Year of Publication



Public Health

Degree Name

Dr. of Public Health (Dr.P.H.)

Committee Chair

Dr. Tyrone Borders

Committee Member

Dr. Joseph Benitez

Committee Member

Dr. Richard Ingram


In 2015, syringe exchange programs (SEPs) were legalized in Kentucky as part of a response to the high and rising morbidity and mortality associated with injection drug use, particularly opioids. In addition to their primary function of preventing the spread of some infectious diseases by providing injection drug users (IDUs) with easy access to sterile injection equipment, SEPs may also offer ancillary services such as referrals to primary care providers and substance abuse and mental health treatment, as well as safe injection education and naloxone training. These ancillary services are intended to improve the overall health of IDUs and the community, and they may specifically help to reduce fatal and non-fatal overdoses (ODs). This capstone project had two specific aims. The first is to describe the location of SEPs in Kentucky in relation to areas of the state with the most need and to assess the supply of treatment providers in counties with and without SEPs.
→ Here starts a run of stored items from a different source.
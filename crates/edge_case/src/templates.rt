//! The templates among the answers of a case text.
ghost use Rattle.std.specs.Prelude.{◌≡◌, ◌++◌, List, [], Some, IfOk, OnOk};
ghost use Rattle.edge_types.specs.Answered.{Answered};
ghost use Rattle.edge_case.specs.Reading.{answers_at, case_of};
ghost use Rattle.edge_case.specs.declared.case_text.Case.{Case};
ghost use Rattle.edge_case.specs.Templates.{templates_in, template_of};

use crate::entry::entry_at;
use crate::heading::heading_at;
use edge_types::{Answer, NoMemory};
use std::alloc::Global;

// Keeps an answer if its body is a template.
fn keep_template(found: &mut Vec<Answer>, answer: Option<Answer>) -> Result<(), NoMemory>
    ensures { OnOk result (found.new.items ≡ found.old.items ++ template_of answer) }
{
    match answer {
        Some(answer) if answer.processed() => Ok(found.push(answer)?),
        _ => Ok(()),
    }
}

// The templates among the answers that a text writes up to its end.
fn templates_at(alloc: Global, text: &[u8]) -> Result<Vec<Answer>, NoMemory>
    ensures { IfOk result (λ found. (table : List Answered) → answers_at [] text.now ≡ Some table → found.items ≡ templates_in table) }
{
    let mut found = Vec::new(alloc);
    let mut rest = text;
    while let Some((entry, after)) = entry_at(rest) {
        keep_template(&mut found, entry.answer(alloc)?)?;
        rest = after;
    }
    Ok(found)
}

/// The answers of a case text whose bodies are templates for the edge to process, in the text's order.
///
/// If the text isn't a case text, the result is unspecified.
pub fn templates_in(alloc: Global, text: &[u8]) -> Result<Vec<Answer>, NoMemory>
    ensures { IfOk result (λ found. (case : Case) → case_of text.now ≡ Some case → found.items ≡ templates_in case.table) }
{
    match heading_at(text) {
        Some((_, rest)) => templates_at(alloc, rest),
        None => Ok(Vec::new(alloc)),
    }
}
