//! The server: pages over a cache that all clients share, what origins answer, and the machine's clock.

use edge_commands::Status;
use edge_connections::{ServeEnd, ServerRuntime, Sockets};
use edge_parts::{Lookups, Numbers, Operator, Parts, ServerOptions, Stop, listening, room_of};
use edge_reports::{Kept, Reports};
use edge_setup::Flag;
use hyper_edge::{EdgeService, Journal, serve_accepts};
use operator_http::Operated;
use std::alloc::AllocGlobal;
use std::fs::File;
use std::io::{Eprint, Print};
use std::net::{Net, TcpListener, TcpStream};
use std::random::RandomSource;
use std::rt::Files;
use std::sync::Arc;
use std::thread;
use std::time::Clock;

/// Runs a server with these options, until its number of connections have been accepted, or it is stopped, and they have
/// ended. Its origins and names are taken out of them.
pub(crate) fn serve<R>(rt: &R, options: &mut ServerOptions) -> Result<ServeEnd, Status>
where
    R: ServerRuntime + Files<File = File> + Print + Eprint + Send + Sync,
    R: Net<Stream = TcpStream, Listener = TcpListener>,
{
    options.at_once.connections = room_of(rt, Numbers::of(options));
    let Parts {
        cache,
        reports,
        lookups,
    } = Parts::of(rt, options)?;
    let service = service_of(rt, cache, options)?;
    opened(rt, &service, &reports, lookups.as_ref(), options)
}

// What a server that runs is made of.
#[derive(Drop)]
struct Running<'a, R> {
    operator: Option<&'a Operator>,
    sockets: &'a Sockets<Stop>,
    service: &'a EdgeService<Kept, R>,
    reports: &'a Arc<Reports>,
    options: &'a ServerOptions,
}

// Listens for clients, and for the operator if there is one, and serves what the service answers.
fn opened<R>(
    rt: &R,
    service: &EdgeService<Kept, R>,
    reports: &Arc<Reports>,
    lookups: Option<&Lookups>,
    options: &mut ServerOptions,
) -> Result<ServeEnd, Status>
where
    R: ServerRuntime + Files<File = File> + Print + Eprint + Send + Sync,
    R: Net<Stream = TcpStream, Listener = TcpListener>,
{
    let operator = operator_of(rt, options)?;
    let sockets = listens(rt, options, operator.as_ref())?;
    let running = Running {
        operator: operator.as_ref(),
        sockets: &sockets,
        service,
        reports,
        options,
    };
    match lookups {
        Some(lookups) => served_while_looking_up(rt, lookups, &running),
        None => served(rt, &running),
    }
}

// Where the operator is answered, if there is one. The names by which he may ask are taken out of the options.
fn operator_of<R>(rt: &R, options: &mut ServerOptions) -> Result<Option<Operator>, Status>
where
    R: AllocGlobal + Clock + RandomSource,
    R: Net<Stream = TcpStream, Listener = TcpListener>,
{
    let names = options.admin_hosts.take();
    match options.addresses.admin {
        Some(address) => Ok(Some(Operator::at(rt, address, names)?)),
        None => Ok(None),
    }
}

// Listens for clients, and says where.
fn listens<R>(
    rt: &R,
    options: &ServerOptions,
    operator: Option<&Operator>,
) -> Result<Sockets<Stop>, Status>
where
    R: AllocGlobal + Files<File = File> + Print,
    R: Net<Stream = TcpStream, Listener = TcpListener>,
{
    let (sockets, address) = listening(rt, options, operator)?;
    println!(rt; "listening on {address}")?;
    Ok(sockets)
}

// Serves until the server has ended, while a thread of its own looks up names. Refused if that can't be started.
fn served_while_looking_up<R>(
    rt: &R,
    lookups: &Lookups,
    running: &Running<'_, R>,
) -> Result<ServeEnd, Status>
where
    R: ServerRuntime + Files<File = File> + Print + Eprint + Send + Sync,
    R: Net<Stream = TcpStream, Listener = TcpListener>,
{
    thread::scope(thread::scope_env(), rt, |scope| {
        if scope.spawn(move || lookups.run(rt)).is_err() {
            return Err(Status::NoMemory);
        }
        let end = served(rt, running);
        lookups.end(rt);
        end
    })
}

// Serves until the server has ended.
fn served<R>(rt: &R, running: &Running<'_, R>) -> Result<ServeEnd, Status>
where
    R: ServerRuntime + Files<File = File> + Print + Eprint + Send + Sync,
    R: Net<Stream = TcpStream, Listener = TcpListener>,
{
    let Running {
        operator,
        sockets,
        service,
        reports,
        options,
    } = *running;
    let end = match operator {
        Some(operator) => {
            println!(rt; "answering the operator on {}", operator.address)?;
            serve_beside(rt, operator, sockets, service, reports, options)?
        }
        None => serve_all(rt, sockets, service, &**reports, options),
    };
    reports.log.finish(rt);
    Ok(end)
}

// Serves clients until the server has ended.
fn serve_all<R, J>(
    rt: &R,
    sockets: &Sockets<Stop>,
    service: &EdgeService<Kept, R>,
    reports: &J,
    options: &ServerOptions,
) -> ServeEnd
where
    R: ServerRuntime + Eprint + Send + Sync,
    R: Net<Stream = TcpStream, Listener = TcpListener>,
    J: Journal<R> + Sync,
{
    serve_accepts(
        rt,
        sockets,
        service,
        reports,
        options.at_once,
        options.accept,
    )
}

// The same, while a thread of its own answers the operator. Refused if that can't be started.
fn serve_beside<R, D>(
    rt: &R,
    operator: &Operator,
    sockets: &Sockets<Stop>,
    service: &EdgeService<Kept, R>,
    reports: &Arc<D>,
    options: &ServerOptions,
) -> Result<ServeEnd, Status>
where
    R: ServerRuntime + Eprint + Send + Sync,
    R: Net<Stream = TcpStream, Listener = TcpListener>,
    D: Operated<R> + Journal<R> + Send + Sync + Drop,
{
    thread::scope(thread::scope_env(), rt, |scope| {
        let answers = scope.spawn(move || operator.listener.serve(rt, reports));
        if answers.is_err() {
            return Err(Status::NoMemory);
        }
        let end = serve_all(rt, sockets, service, &**reports, options);
        operator.listener.close();
        Ok(end)
    })
}

// What answers requests, from this cache.
fn service_of<R>(
    rt: &R,
    cache: Arc<Kept>,
    options: &mut ServerOptions,
) -> Result<EdgeService<Kept, R>, Status>
where
    R: RandomSource + AllocGlobal + Clone + Drop,
{
    let Ok(own) = rt.clone() else {
        return Err(Status::NoMemory);
    };
    let service = EdgeService::new(own, rt.alloc(), cache, options.pages)?;
    let mut service = telling(service.limited_to(options.page), options);
    if let Some(name) = options.name.take() {
        service = service.named(name);
    }
    if let Some(field) = &options.forwarded {
        // The setup has a name of a field, so only memory may be missing.
        let Ok(told) = service.forwarded_by(field.as_slice()) else {
            return Err(Status::NoMemory);
        };
        service = told;
    }
    if options.flags.has(Flag::Head) {
        service = service.answering_head();
    }
    if options.flags.has(Flag::Etag) {
        service = service.giving_tags();
    }
    if options.flags.has(Flag::AbortOnClose) {
        service = service.aborting_on_close();
    }
    Ok(service)
}

// The same, which tells the origins of private URLs what the options name of the reader. The names are taken out of them.
fn telling<R>(service: EdgeService<Kept, R>, options: &mut ServerOptions) -> EdgeService<Kept, R>
where
    R: RandomSource + AllocGlobal + Clone + Drop,
{
    let mut service = service;
    if let Some(names) = options.private.cookies.take() {
        service = service.telling_cookies(names);
    }
    if let Some(names) = options.private.fields.take() {
        service = service.telling_fields(names);
    }
    service
}
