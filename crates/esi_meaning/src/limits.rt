//! How far a page may go.

ghost use Rattle.std.specs.Prelude.{◌↔◌, IsTrue};
ghost use Rattle.esi_meaning.specs.Meaning.{AreLevels};

/// The most legs that a page may try: one `src` or one `alt` each.
///
/// Our profile.
pub const MAX_LEGS: u16 = 1000;

/// The fewest levels under a page.
///
/// Our profile.
pub const MIN_LEVELS: u8 = 1;

/// The most levels under a page.
///
/// Our profile.
pub const MAX_LEVELS: u8 = 8;

/// Whether a page may have this many levels under it: `MIN_LEVELS` to `MAX_LEVELS`. Takes no
/// memory.
///
/// Our profile.
pub fn are_levels(levels: u8) -> bool
    ensures { IsTrue result ↔ AreLevels levels }
{
    MIN_LEVELS <= levels && levels <= MAX_LEVELS
}
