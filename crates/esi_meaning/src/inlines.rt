//! The inline of a template that a URL names.

ghost use Rattle.std.specs.Prelude.{◌≡◌, ◌≤◌, IfOk, IfSome};
ghost use Rattle.esi_tree.specs.Shown.{element_of, elements_of, branches_of};
ghost use Rattle.esi_tree.specs.Tree.{depth};
ghost use Rattle.esi_meaning.specs.Inlines.{names, inline_for, inline_in, inline_in_branches};
ghost use Rattle.esi_meaning.specs.Evaluator.{shown_slice};

use edge_types::{NoMemory, PageUrl};
use esi_tree::{Branch, Node};
use std::alloc::Global;

/// The content of the first inline, in text order, that names a URL in a template at this base.
///
/// It walks the whole template for each leg, and resolves the name of each inline anew.
#[tactic(auto, using(crate::proofs::Depths::depth_inline_for))]
pub(crate) fn inline_for<'a>(
    alloc: Global,
    base: &PageUrl,
    url: &PageUrl,
    nodes: &'a [Node],
) -> Result<Option<&'a [Node]>, NoMemory>
    ensures found { IfOk result (λ found. shown_slice found ≡
        inline_for base.now url.now (elements_of nodes.now)) }
    ensures shallow { IfOk result (λ found. IfSome found (λ content.
        depth (elements_of content.now) ≤ depth (elements_of nodes.now))) }
{
    inline_among(alloc, base, url, nodes)
}

// The content of the first inline among these elements that names the URL.
#[cycle(inlines)]
fn inline_among<'a>(
    alloc: Global,
    base: &PageUrl,
    url: &PageUrl,
    nodes: &'a [Node],
) -> Result<Option<&'a [Node]>, NoMemory>
    ensures { IfOk result (λ found. shown_slice found ≡
        inline_for base.now url.now (elements_of nodes.now)) }
{
    for node in nodes {
        if let Some(found) = inline_in(alloc, base, url, node)? {
            return Ok(Some(found));
        }
    }
    Ok(None)
}

#[cycle(inlines)]
fn inline_in<'a>(
    alloc: Global,
    base: &PageUrl,
    url: &PageUrl,
    node: &'a Node,
) -> Result<Option<&'a [Node]>, NoMemory>
    ensures { IfOk result (λ found. shown_slice found ≡
        inline_in base.now url.now (element_of node.now)) }
{
    match node {
        Node::Text(_) | Node::VarsText(_) | Node::Include(_) | Node::Nothing => Ok(None),
        Node::Choose(branches) => inline_in_branches(alloc, base, url, branches.as_slice()),
        Node::Try {
            attempt,
            except,
            swapped,
        } => {
            let (first, second) = if *swapped {
                (except, attempt)
            } else {
                (attempt, except)
            };
            match inline_among(alloc, base, url, first.as_slice())? {
                Some(found) => Ok(Some(found)),
                None => inline_among(alloc, base, url, second.as_slice()),
            }
        }
        Node::Vars(content) => inline_among(alloc, base, url, content.as_slice()),
        Node::Inline { name, content } => {
            if names(alloc, base, url, name.as_bytes())? {
                return Ok(Some(content.as_slice()));
            }
            inline_among(alloc, base, url, content.as_slice())
        }
    }
}

#[cycle(inlines)]
fn inline_in_branches<'a>(
    alloc: Global,
    base: &PageUrl,
    url: &PageUrl,
    branches: &'a [Branch],
) -> Result<Option<&'a [Node]>, NoMemory>
    ensures { IfOk result (λ found. shown_slice found ≡
        inline_in_branches base.now url.now (branches_of branches.now)) }
{
    for branch in branches {
        if let Some(found) = inline_among(alloc, base, url, branch.content.as_slice())? {
            return Ok(Some(found));
        }
    }
    Ok(None)
}

// Whether the inline with this name names the URL.
#[tactic(auto, unfolding(crate::specs::Inlines::names))]
fn names(alloc: Global, base: &PageUrl, url: &PageUrl, name: &[u8]) -> Result<bool, NoMemory>
    ensures { IfOk result (λ b. b ≡ names base.now url.now name.now) }
{
    match base.resolve(alloc, name)? {
        Some(named) => Ok(named == *url),
        None => Ok(false),
    }
}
The second is to explore the association between the opening of SEPs and county-level hospital emergency department utilization for drug ODs. Moreover, extensive background on SEPs is provided, including a discussion about their history and a review of the literature regarding the effectiveness of the programs. This capstone is one of if not the first to evaluate SEP effectiveness across Kentucky and has generated valuable evidence for policymakers across the country as they search for ways to address the damages caused by injection drug use.